Do SSL required to prevent eavesdropping?

To the best of my knowledge SSL is to prevent only Eavesdropping i.e. plucking the digital data passing across a network. So, to prevent password SSL encrypts the data at the login page and decrypt it at database. Finally it carries information securely. 开发者_运维百科I think this can be implemented even using some encryption algorithms like Md5/SHA/other?

What's the difference between SSL and normal encryption?

Please correct me if any of the above statements are false.

SSL is a protocol for transmitting encrypted data. It is not an encryption algorithm, per se. Though HTTPS uses SSL to encrypt web communications, SSL wasn't built for HTTP and has little to do with login pages, though it is common for login pages to be accessed via HTTPS (and hence SSL). Many secure protocols are carried over SSL.

MD5 and the SHA family aren't encryption algorithms either. They are hashing algorithms.

SSL can not prevent eavesdropping if the CA is not safe. As we have seen lately. The data is encrypted via SSL thats right e.g. not like you mentioned with Hashes(Hashing is not Encryption) its using encryption algorithms. Asynchronous and synchronous algorithms. The Asynchronous encryption is a certificate implementation.

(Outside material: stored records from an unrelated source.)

/// A contract sees the sessions, in order, the limit and the capacity.
impl<T> Model for Sessions<T> {
    ghost use Rattle.linked_hash_map.specs.SessionTables.{SessionTable, session_table};
    ghost use Rattle.linked_hash_map.specs.SessionsKept.{sessions_of, IsKeptWithin};

    ghost Value = { SessionTable T };

    ghost view = { λ s. session_table (sessions_of s.map.pairs) s.limit s.map.capacity };

    ghost invariant = { λ s. IsKeptWithin s.map s.total s.limit };
}

impl<T> Sessions<T> {
    ghost use Rattle.linked_hash_map.specs.SessionLends.{lends_payload};

    /// Creates a table of an empty map.
    fn of_empty(map: LinkedHashMap<u64, Weighted<T>>, limit: u64, alloc: Global) -> Self
        requires empty { map.pairs ≡ [] }
        requires mode { map.mode ≡ Mode.Touch }
        requires valid { IsValid nat_eq map }
        ensures sessions { result.sessions ≡ [] }
        ensures limit { result.limit ≡ limit }
        ensures capacity { result.capacity ≡ map.capacity }
        ensures valid { IsValidTable result }
    {
        Sessions {
            map,
            limit,
            total: 0,
            alloc,
        }
    }

    /// Creates an empty table with this limit and capacity 0, in O(1) without allocating.
    ///
    /// # Examples
    ///
    /// ```rust
    /// let table: Sessions<char> = Sessions::new(rt.alloc(), 10);
    /// assert_eq!(rt; (table.len(), table.total()), (0, 0));
    /// ```
    pub fn new(alloc: Global, limit: u64) -> Self
        ensures sessions { result.sessions ≡ [] }
        ensures limit { result.limit ≡ limit }
        ensures capacity { result.capacity ≡ 0 }
        ensures valid { IsValidTable result }
    {
        Self::of_empty(LinkedHashMap::new(alloc), limit, alloc)
    }

    /// Creates an empty table with this limit and exactly this capacity, in O(capacity).
    ///
    /// Returns `TooLarge` exactly if the capacity is above [`LIMIT`], and `NoRoom` if an allocation
    /// fails. Capacity 0 does not allocate.
    ///
    /// # Examples
    ///
    /// ```rust
    /// let table: Sessions<char> = Sessions::with_capacity(rt.alloc(), 10, 5)?;
    /// assert_eq!(rt; (table.len(), table.capacity()), (0, 5));
    /// ```
    pub fn with_capacity(alloc: Global, limit: u64, capacity: usize) -> Result<Self, ReserveError>
        ensures sessions { IfOk result (λ table. table.sessions ≡ []) }
        ensures limit { IfOk result (λ table. table.limit ≡ limit) }
        ensures capacity { IfOk result (λ table. table.capacity ≡ capacity) }
        ensures valid { IfOk result IsValidTable }

        ensures too_large { IsErrOf result ReserveError.TooLarge ↔ (LIMIT < capacity) }
        ensures no_room { IsErrOf result ReserveError.NoRoom → 0 < capacity }
        ensures no_room_within { IsErrOf result ReserveError.NoRoom → capacity ≤ LIMIT }
    {
        match LinkedHashMap::with_capacity(alloc, capacity) {
            Ok(map) => Ok(Self::of_empty(map, limit, alloc)),
            Err(error) => Err(error),
        }
    }

    /// Raises the capacity to exactly the number of sessions plus `additional`, if it is below
    /// that.
    ///
    /// Returns `TooLarge` exactly if the sum is above [`LIMIT`] or overflows, and `NoRoom` if an
    /// allocation fails. It is O(capacity), the new one, or O(1) without allocating if the old one
    /// suffices.
    ///
    /// # Examples
    ///
    /// ```rust
    /// let mut table = Sessions::new(rt.alloc(), 10);
    /// table.put(1, 4, "a")?;
    /// table.reserve(4)?;
    /// assert_eq!(rt; table.capacity(), 5);
    /// ```
    pub fn reserve(&mut self, additional: usize) -> Result<(), ReserveError>
        ensures sessions { self.new.sessions ≡ self.old.sessions }
        ensures limit { self.new.limit ≡ self.old.limit }
        ensures capacity { OnOk result
            (self.new.capacity ≡ max self.old.capacity (length self.old.sessions + additional)) }
        ensures valid { IsValidTable self.old }
        ensures stays_valid { IsValidTable self.new }

        ensures unchanged { OnErr result (self.new ≡ self.old) }
        ensures too_large { IsErrOf result ReserveError.TooLarge ↔
            (LIMIT < length self.old.sessions + additional) }
        ensures no_room { IsErrOf result ReserveError.NoRoom →
            self.old.capacity < length self.old.sessions + additional }
        ensures no_room_within { IsErrOf result ReserveError.NoRoom →
            length self.old.sessions + additional ≤ LIMIT }
    {
        self.map.reserve(additional)
    }

    /// Returns how many sessions the table can hold without allocating, in O(1).
    ///
    /// # Examples
    ///
    /// ```rust
    /// let mut table = Sessions::with_capacity(rt.alloc(), 10, 1)?;
    /// table.put(1, 4, "a")?;
    /// assert_eq!(rt; table.capacity(), 1);
    /// table.put(2, 4, "b")?;
    /// assert_eq!(rt; table.capacity(), 2);
    /// ```
    pub fn capacity(&self) -> usize
        ensures capacity { result ≡ self.now.capacity }
        ensures valid { IsValidTable self.now }
    {
        self.map.capacity()
    }

    /// Puts a session at the back, in place of the one with its id, and removes others from the
    /// front until the weights sum to at most the limit. Returns the payload that the id had, and
    /// those removed, front to back. Hashes the id at most twice.
    ///
    /// Returns `TooHeavy` exactly if the weight is above the limit, otherwise `NoRoom` if an
    /// allocation fails, or at `LIMIT` sessions if none goes, with the payload, and changes
    /// nothing. A put that removes none is never out of room if the id is present, or below the
    /// capacity.
    ///
    /// It allocates first: a vector of exactly the sessions removed, or, for none and a new id at
    /// full capacity, room for one more, which raises the capacity by one. It is O(1), and O(1)
    /// more for each session removed, or O(n) if the number of buckets changes. `put_with` needs no
    /// such vector.
    ///
    /// # Examples
    ///
    /// ```rust
    /// let mut table = Sessions::new(rt.alloc(), 10);
    /// table.put(1, 4, "a")?;
    /// table.put(2, 4, "b")?;
    /// let put = table.put(1, 6, "c")?;
    /// assert_eq!(rt; (put.old, put.gone.len()), (Some("a"), 0));
    /// let refused = table.put(3, 11, "d");
    /// assert_eq!(rt; refused, Err(PutRefused { reason: PutReason::TooHeavy, payload: "d" }));
    /// assert_eq!(rt; table.total(), 10);
    /// ```
    pub fn put(&mut self, id: u64, weight: u64, payload: T) -> Result<Put<T>, PutRefused<T>>
        ensures stay { OnOk result
            (self.new.sessions ≡ fit self.old.limit
            (with_last self.old.sessions id weight payload)) }
        ensures longest { OnOk result
            (IsLongestEnd self.old.limit (with_last self.old.sessions id weight payload)
            self.new.sessions) }
        ensures newest { OnOk result (last self.new.sessions ≡ Some (id, weight, payload)) }
        ensures payload { OnOk result (payload_of self.new.sessions id ≡ Some payload) }
        ensures others { (other : ℕ)
            → OnOk result (id == other ≡ false → IsSome (payload_of self.new.sessions other)
            → payload_of self.new.sessions other ≡ payload_of self.old.sessions other) }
        ensures gone { IfOk result (λ put.
            put.gone.items ++ self.new.sessions ≡ with_last self.old.sessions id weight payload) }
        ensures exact { IfOk result (λ put. vec_capacity put.gone ≡ length put.gone.items) }
        ensures old { IfOk result (λ put. put.old ≡ payload_of self.old.sessions id) }
        ensures limit { self.new.limit ≡ self.old.limit }
        ensures capacity { OnOk result
            (self.new.capacity ≡ max self.old.capacity (length self.new.sessions)) }
        ensures valid { IsValidTable self.old }
        ensures stays_valid { IsValidTable self.new }

        ensures payload_back { IfErr result (λ refused. refused.payload ≡ payload) }
        ensures unchanged { OnErr result (self.new ≡ self.old) }
        ensures too_heavy { IsErrAnd result (λ refused. refused.reason ≡ PutReason.TooHeavy) ↔
            (self.old.limit < weight) }
        ensures succeeds { IsSome (session_of self.old.sessions id)
            → total_weight (without self.old.sessions id) + weight ≤ self.old.limit → IsOk result }
        ensures succeeds_below { length self.old.sessions < self.old.capacity
            → total_weight (without self.old.sessions id) + weight ≤ self.old.limit → IsOk result }
        ensures full { IsErrAnd result (λ refused. refused.reason ≡ PutReason.NoRoom)
            → total_weight (without self.old.sessions id) + weight ≤ self.old.limit
            → length self.old.sessions ≡ self.old.capacity }
        ensures absent { IsErrAnd result (λ refused. refused.reason ≡ PutReason.NoRoom)
            → total_weight (without self.old.sessions id) + weight ≤ self.old.limit
            → session_of self.old.sessions id ≡ None }
    {
        if weight > self.limit {
            return Err(PutRefused {
                reason: PutReason::TooHeavy,
                payload,
            });
        }
        let plan = self.plan_put(id, weight);
        let Ok(mut gone) = Vec::with_capacity(self.alloc, plan.count) else {
            return Err(PutRefused {
                reason: PutReason::NoRoom,
                payload,
            });
        };
        let mut push = |id, weight, payload| gone.push_reserved((id, weight, payload));
        match self.put_planned(plan, id, weight, payload, &mut push) {
            Ok(old) => Ok(Put { old, gone }),
            Err(payload) => {
                // A put that removes sessions needs no more room, so none was removed.
                gone.destroy_empty();
                Err(PutRefused {
                    reason: PutReason::NoRoom,
                    payload,
                })
            }
        }
    }

    /// Returns a mutable reference to the payload of an id, if present, and moves its session to
    /// the back, in O(1). Hashes the id once.
    ///
    /// # Examples
    ///
    /// ```rust
    /// let mut table = Sessions::new(rt.alloc(), 10);
    /// table.put(1, 4, "a")?;
    /// table.put(2, 4, "b")?;
    /// if let Some(payload) = table.touch(1) {
    ///     *payload = "c";
    /// }
    /// assert_eq!(rt; table.iter().next(), Some((2, 4, &"b")));
    /// assert_eq!(rt; table.remove(1), Some("c"));
    /// ```
    pub fn touch(&mut self, id: u64) -> Option<&mut T>
        ensures* writes_back { sem 𝓛 (lends_payload T.row self.entry id result) }
        ensures payload { option_copied_mut result ≡ payload_of self.old.sessions id }
        ensures valid { IsValidTable self.old }

        // Laws of the table once a payload is written, for the proofs of callers.
        ensures written { (payload : T)
            → payload_of (to_end self.old.sessions id payload) id ≡ Some payload }
        ensures others { (payload : T) (other : ℕ) → id == other ≡ false
            → payload_of (to_end self.old.sessions id payload) other
            ≡ payload_of self.old.sessions other }
    {
        match self.map.get_refresh(&id) {
            Some(weighted) => Some(&mut weighted.payload),
            None => None,
        }
    }

    /// Removes the session of an id and returns its payload, if present, in O(1). The others keep
    /// their order. Hashes the id once.
    ///
    /// # Examples
    ///
    /// ```rust
    /// let mut table = Sessions::new(rt.alloc(), 10);
    /// table.put(1, 4, "a")?;
    /// assert_eq!(rt; (table.remove(1), table.remove(1)), (Some("a"), None));
    /// assert_eq!(rt; (table.len(), table.total()), (0, 0));
    /// ```
    pub fn remove(&mut self, id: u64) -> Option<T>
        ensures payload { result ≡ payload_of self.old.sessions id }
        ensures sessions { self.new.sessions ≡ without self.old.sessions id }
        ensures limit { self.new.limit ≡ self.old.limit }
        ensures capacity { self.new.capacity ≡ self.old.capacity }
        ensures valid { IsValidTable self.old }
        ensures stays_valid { IsValidTable self.new }
        // The id is gone, the others keep their payloads, and a present one is one fewer.
        ensures gone { payload_of self.new.sessions id ≡ None }
        ensures others { (other : ℕ) → id == other ≡ false
            → payload_of self.new.sessions other ≡ payload_of self.old.sessions other }
        ensures fewer { OnSome result (length self.new.sessions + 1 ≡ length self.old.sessions) }
    {
        let Some(weighted) = self.map.remove(&id) else {
            return None;
        };
        self.total -= weighted.weight;
        Some(weighted.payload)
    }

    /// Returns the sum of the weights, at most the limit, in O(1).
    ///
    /// # Examples
    ///
    /// ```rust
    /// let mut table = Sessions::new(rt.alloc(), 10);
    /// table.put(1, 4, "a")?;
    /// assert_eq!(rt; (table.len(), table.total()), (1, 4));
    /// ```
    pub fn total(&self) -> u64
        ensures total { result ≡ total_weight self.now.sessions }
        ensures within { result ≤ self.now.limit }
        ensures valid { IsValidTable self.now }
    {
        self.total
    }

    /// Returns the limit of the sum of the weights, in O(1).
    ///
    /// # Examples
    ///
    /// ```rust
    /// let table: Sessions<char> = Sessions::new(rt.alloc(), 10);
    /// assert_eq!(rt; table.limit(), 10);
    /// ```
    pub fn limit(&self) -> u64
        ensures limit { result ≡ self.now.limit }
    {
        self.limit
    }

    /// Returns the number of sessions, in O(1).
    pub fn len(&self) -> usize
        ensures len { result ≡ length self.now.sessions }
        ensures valid { IsValidTable self.now }
    {
        self.map.len()
    }

    /// Returns an iterator over the ids, weights and payloads, front to back, in O(1).
    ///
    /// # Examples
    ///
    /// ```rust
    /// let mut table = Sessions::new(rt.alloc(), 10);
    /// table.put(1, 4, "a")?;
    /// table.put(2, 4, "b")?;
    /// let mut sessions = table.iter();
    /// assert_eq!(rt; sessions.next(), Some((1, 4, &"a")));
    /// assert_eq!(rt; sessions.len(), 1);
    /// ```
    pub fn iter(&self) -> SessionIter<'_, T>
        ensures sessions { result ≡ self.now.sessions }
        ensures valid { IsValidTable self.now }
        // A law of iterators, for the proofs of callers.
        ensures runs { ShowsInOrder (deref_session {T = T}) }
    {
        SessionIter::new(self.map.iter())
    }
}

To your question: "Whats the difference"

SSL - is a commonly used and accepted way of using encryption e.g for HTTPS in order to secure HTTP connection (using various encryption techniques) and a solid documentation of handshaking.

SSL is also used to secure different tcp protocols(like mail(smtps, pop3s, imaps), ftp(s), etc..)

Encyrption - is used inside SSL.

SSL is supported in common browsers and server implementations. If you would want to use "normal encryption" you have to implement everything by yourself.

To the best of my knowledge SSL is to prevent only Eavesdropping

Incorrect. SSL provides secrecy, integrity, and authentication, and provides a mechanism for you the application to perform authorization. It protects you from eavesdropping, tampering, active man-in-the-middle attacks, truncation attacks, ... It is a lot more than mere encryption.